In 1960, Mauritius was a British colony on the cusp of significant political change, and its currency system was a direct reflection of its colonial status. The official currency was the Mauritian Rupee (MUR), but it was not an independent monetary unit. Instead, it operated under the auspices of the
Mauritius Currency Board, established in 1934. This board issued local rupees fully backed by sterling reserves held in London, adhering to a strict fixed exchange rate of
13.3333 Mauritian Rupees = 1 British Pound Sterling. This "currency board" system meant the money supply was entirely dependent on the island's balance of payments with Britain, leaving little room for domestic monetary policy.

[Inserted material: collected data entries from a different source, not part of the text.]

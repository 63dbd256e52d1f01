// Texts.
ghost use Rattle.std.specs.Prelude.{◌≡◌, ℕ, List, IfOk, chars, string_bytes, encode_utf8_all};
ghost use Rattle.std.specs.Arc.{arc_str_bytes};

use std::alloc::{AllocError, Global};
use std::cmp::Ordering;
use std::hash::{Hash, Hasher};
use std::marker::Model;
use std::sync::ArcStr;

/// A text. Contracts see it as the list of its characters; its order is the order of its bytes as UTF-8. Copies share
/// the text.
#[derive(Debug)]
pub struct Word {
    text: ArcStr,
}

// Written out, so that who drops one calls this and doesn't go through what is in it.
impl Drop for Word {
    fn drop(self) {
        let Word { text: _ } = self;
    }
}

impl Model for Word {
    ghost Value = { List ℕ };

    ghost view = { λ w. chars (arc_str_bytes w.text) };
}

impl Word {
    /// The characters of a text, or want of memory.
    pub fn from_str(alloc: Global, text: &str) -> Result<Word, AllocError>
        ensures { IfOk result (λ word. word ≡ chars text.now) }
    {
        Ok(Word {
            text: ArcStr::from_str(alloc, text)?,
        })
    }

    /// The characters of a string, which is moved, or want of memory.
    pub fn from_string(text: String) -> Result<Word, AllocError>
        ensures { IfOk result (λ word. word ≡ chars (string_bytes text)) }
    {
        Ok(Word {
            text: ArcStr::from_string(text)?,
        })
    }

    /// The text as UTF-8.
    pub fn as_str(&self) -> &str
        ensures chars { chars result.now ≡ self.now }
        ensures bytes { result.now ≡ encode_utf8_all self.now }
    {
        self.text.as_str()
    }

    /// An equal text, which shares the bytes, or want of memory.
    pub fn copy(&self) -> Result<Word, AllocError>
        ensures { IfOk result (λ word. word ≡ self.now) }
    {
        Ok(Word {
            text: self.text.clone()?,
        })
    }
}

impl PartialEq for Word {
    ghost use Rattle.std.specs.Prelude.{nat_eq};
    ghost use Rattle.std.specs.Cmp.{partial_equiv_from_equiv};
    ghost use Rattle.std.specs.Cmp.Lexicographic.{pointwise, nat_list_eq_equiv};

    ghost eq = { pointwise nat_eq };

    ghost laws = { partial_equiv_from_equiv nat_list_eq_equiv };

    fn eq(&self, other: &Self) -> bool {
        self.text == other.text
    }
}

impl Eq for Word {
    ghost use Rattle.std.specs.Cmp.Lexicographic.{nat_list_eq_equiv};

    ghost laws = { nat_list_eq_equiv };
}

impl PartialOrd for Word {
    ghost use Rattle.std.specs.Prelude.{Some};
    ghost use Rattle.std.specs.Ordering.{nat_cmp};
    ghost use Rattle.std.specs.Cmp.Lexicographic.{slice_cmp, texts_po};

    ghost partial_cmp = { λ x y. Some (slice_cmp nat_cmp x y) };

    ghost laws = { texts_po };

    fn partial_cmp(&self, other: &Self) -> Option<Ordering> {
        Some(self.cmp(other))
    }
}

impl Ord for Word {
    ghost use Rattle.std.specs.Prelude.{refl};
    ghost use Rattle.std.specs.Ordering.{nat_cmp};
    ghost use Rattle.std.specs.Cmp.Lexicographic.{slice_cmp, nat_list_cmp_total, texts_ties};

    ghost cmp = { slice_cmp nat_cmp };

    ghost total = { nat_list_cmp_total };

    ghost matches_partial_cmp = { λ x y. refl };

    ghost matches_eq = { texts_ties };

    fn cmp(&self, other: &Self) -> Ordering {
        self.text.cmp(&other.text)
    }
}

impl Hash for Word {
    ghost use Rattle.std.specs.Prelude.{encode_utf8_all};
    ghost use Rattle.std.proofs.Common.{rules};
    ghost use Rattle.std.specs.Cmp.Rules.{hashing};
    ghost use Rattle.std.specs.Hash as fed;

    ghost hash_input = { λ w. fed.str (encode_utf8_all w) };

    ghost respects_eq = { Prim.search (hashing, rules) };

    fn hash<H: Hasher>(&self, state: &mut H) {
        self.text.as_str().hash(state);
    }
}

The economy of Mauritius in this period was overwhelmingly dominated by the sugar industry, which accounted for the vast majority of its export earnings. Consequently, the currency's stability and its peg to sterling were crucial for the powerful sugar plantation owners, as it facilitated predictable trade and finance with the United Kingdom, the primary market for Mauritian sugar. However, this rigid system also meant that Mauritius imported Britain's inflation and had no mechanism to adjust its currency to suit local economic conditions, such as funding diversification or addressing unemployment.
By 1960, discussions about self-government and eventual independence were advancing. This impending political shift brought the colonial currency arrangement into question. There was a growing recognition among local leaders that upon independence, Mauritius would require a more flexible monetary institution to manage its own economic destiny. Therefore, the currency situation in 1960 was one of colonial rigidity, but it stood on the brink of transformation, setting the stage for the establishment of an independent central bank—the Bank of Mauritius—which would be founded in 1967, shortly before the country achieved independence in 1968.